Willkommen im Eurozeitalter. Die gefühlte Teuerung nach der Umstellung interessiert immer noch nicht. Wer einmal vergleicht, dass man früher für 30.000 DM einen Super-Golf gekauft hat, der erhält diesen nun für schlappe 30.000 EUR.

Die entspricht nach der Eurokonstante (€=1,95583) 58674,90 DM. In Prozent ausgedrückt sind es also 95,58%. Also immerhin noch nicht doppelt so teuer. Wer nun noch sagt, wir deutschen seien Euroskeptiker, der hat die Teuerung nicht wirklich beobachtet.
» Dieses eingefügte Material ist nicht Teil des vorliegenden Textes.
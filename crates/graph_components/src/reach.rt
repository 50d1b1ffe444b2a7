// The search for all nodes to which one leads.

ghost use Rattle.std.specs.Prelude.{◌≡◌, ◌↔◌, ℕ, ◌<◌, ◌≤◌, All, Contains, IfOk, OnOk, fold, length, slice_index};
ghost use Rattle.flow_graph.specs.code.NumberLists.{AreLists, contents};
ghost use Rattle.flow_graph.specs.code.Searching.{search_of, with_known};
ghost use Rattle.graph_components.specs.Components.{Leads};
ghost use Rattle.graph_components.specs.code.Marks.{AreUpTo, marked_by};
ghost use Rattle.graph_components.specs.code.Targets.{AreWithin, targets_of};

use crate::OutOfMemory;
use crate::arc::Arc;
use crate::lists::NodeList;
use std::alloc::Global;

// Marks a node; where it was not marked, it is put to the work.
fn mark_node(
    marks: &mut Vec<u32>,
    work: &mut Vec<u32>,
    stamp: u32,
    node: u32,
) -> Result<(), OutOfMemory>
    requires { node < length marks.old.items }
    ensures marked { OnOk result (search_of (marked_by stamp marks.new.items) work.new.items
        ≡ with_known (search_of (marked_by stamp marks.old.items) work.old.items) node) }
    ensures up_to { OnOk result (AreUpTo stamp marks.old.items → AreUpTo stamp marks.new.items) }
{
    let was_marked = marks[node as usize] == stamp;
    marks[node as usize] = stamp;
    if !was_marked {
        work.push(node)?;
    }
    Ok(())
}

// Marks each of some nodes.
fn mark_nodes(
    marks: &mut Vec<u32>,
    work: &mut Vec<u32>,
    stamp: u32,
    nodes: &[u32],
) -> Result<(), OutOfMemory>
    requires { All (λ node. node < length marks.old.items) nodes.now }
    ensures marked { OnOk result (search_of (marked_by stamp marks.new.items) work.new.items
        ≡ fold with_known (search_of (marked_by stamp marks.old.items) work.old.items) nodes.now) }
    ensures up_to { OnOk result (AreUpTo stamp marks.old.items → AreUpTo stamp marks.new.items) }
{
    for node in nodes {
        mark_node(marks, work, stamp, *node)?;
    }
    Ok(())
}

/// All nodes to which one leads, each once; they are marked. The marks of former searches are lower.
///
/// It goes once over the arcs between these nodes.
pub(crate) fn reached_from(
    alloc: Global,
    arcs: &[Arc],
    lists: &[NodeList],
    marks: &mut Vec<u32>,
    stamp: u32,
    start: u32,
) -> Result<Vec<u32>, OutOfMemory>
    requires within { AreWithin (length marks.old.items) arcs.now }
    requires lists { AreLists (contents lists.now) (length marks.old.items) (targets_of arcs.now) }
    requires start { start < length marks.old.items }
    requires fresh { All (λ mark. mark < stamp) marks.old.items }
    requires some { 0 < stamp }
    ensures count { OnOk result (length marks.new.items ≡ length marks.old.items) }
    ensures up_to { OnOk result (AreUpTo stamp marks.new.items) }
    ensures marked { OnOk result ((node : ℕ) → (slice_index marks.new.items node ≡ stamp) ↔ Leads arcs.now start node) }
    ensures reached { IfOk result (λ reached. (node : ℕ) → Contains reached.items node ↔ Leads arcs.now start node) }
{
    // They say what the lists are.
    let _ = arcs;
    let mut reached = Vec::new(alloc);
    let mut work = Vec::new(alloc);
    mark_node(marks, &mut work, stamp, start)?;
    while let Some(node) = work.pop() {
        reached.push(node)?;
        mark_nodes(marks, &mut work, stamp, lists[node as usize].as_slice())?;
    }
    Ok(reached)
}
Wer damals gesagt hätte, ich kaufe einen Golf für 58.000 DM, der wäre für verrückt erklärt worden. Tja für das Geld hätte man damals einen großen Mercedes kaufen können. Heute reicht es eben nur für einen Golf.

Und weil die CO2-Geschichte uns sowieso drückt, brauchen wir auch keine Autos mehr.


info no. 295 // entspannt aufregen

da wird wieder einmal mit entspannt shoppen geworben. und das auf einem sonntag! wo ist da die entspannung? die straßen und läden sind proppevoll, die armen angestellten.

so eine art volksfeststimmung gibt es nur sonntags. für mich spielt in der woche keine band auf dem dorfplatz, wenn ich einkaufe. nun ja, was soll ich sonntags da? die preise sind gleich hoch und die auswahl ist auch gleich.

ich shoppe sonntags nur im internet!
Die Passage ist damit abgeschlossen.